I stagger back from him, from the bloodshed in his gaze.
Sure, he released me, but the warning in his eyes doesn’t fade.
“Come on,” Oliver starts and reaches for me. “Let’s get your burns sorted—”
I whirl around and take my fist with me.
Oliver either isn’t as quick as Dray, or he’s not as focused on self-preservation. Maybe he simply allows it, my fist to connect with his mouth.
Because that’s what happens.
I punch him square on the face.
I feel the burst of blood on my knuckles, the instant swell of his lips and the cut of his teeth.
“Detention, Miss Craven!” Headmaster Braun screams at me. “Monday, detention for an entire week! Mr Harling, see her to the infirmary, now.”
Instinct has my shoulder tucking inwards, as though it’s my father advancing on me. But it’s only Eric.
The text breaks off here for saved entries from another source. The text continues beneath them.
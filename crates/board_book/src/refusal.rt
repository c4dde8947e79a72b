// Why a board cannot be made as asked.
ghost use Rattle.std.specs.Prelude.{◌≡◌};
ghost use Rattle.board_book.specs.Making.{board_number};
ghost use Rattle.board_book.specs.declared.refusal.BoardRefusal.TheVariants.{Counts as CountsRefused};

use book::counts::CountRefusal;

// The refusals of a check.
#[derive(Clone, Copy, Debug, PartialEq, Eq)]
pub enum BoardRefusal {
    // 20: a count is outside its limits
    Counts(CountRefusal),
    // 14: there are fewer words than the possible ties need
    FewWords,
}

impl BoardRefusal {
    // The number by which the refusal is told.
    pub fn number(self) -> u8
        ensures { result ≡ board_number self }
    {
        match self {
            BoardRefusal::Counts(refusal) => refusal.number(),
            BoardRefusal::FewWords => 14,
        }
    }
}

impl From<CountRefusal> for BoardRefusal {
    ghost from_gives = { λ e r. r ≡ CountsRefused e };

    fn from(refusal: CountRefusal) -> BoardRefusal {
        Self::Counts(refusal)
    }
}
That does little to lull the rage lashing through me.
I glare at my brother, my hands fisted at my sides, my chest heaving, and it takes everything not to go back in for another hit.
Oliver’s face is knocked to the side.
He leans away from me, crimson smearing his chin.
His death stare is aimed at the floor. He spits out a wad of blood before he turns that lethal look on me.
Fingers clasp around my arm.
Eric’s cheap musk is strong enough to merge with the stench of the griffin bile. So I know it’s him who takes me by the elbow.
I fall back a step.
Finally, I tug out of Oliver’s fierce stare.
Before I turn my back on them, I notice it.
Dray, the roll of his jaw, the masked rage that should warp his face. But he keeps it as schooled as he can.
This isn’t the place. Not the time.
But those two things will come.
And maybe then, I’ll regret it.
Right now?
Right now, I only regret that I didn’t sock Dray right in his pretty face.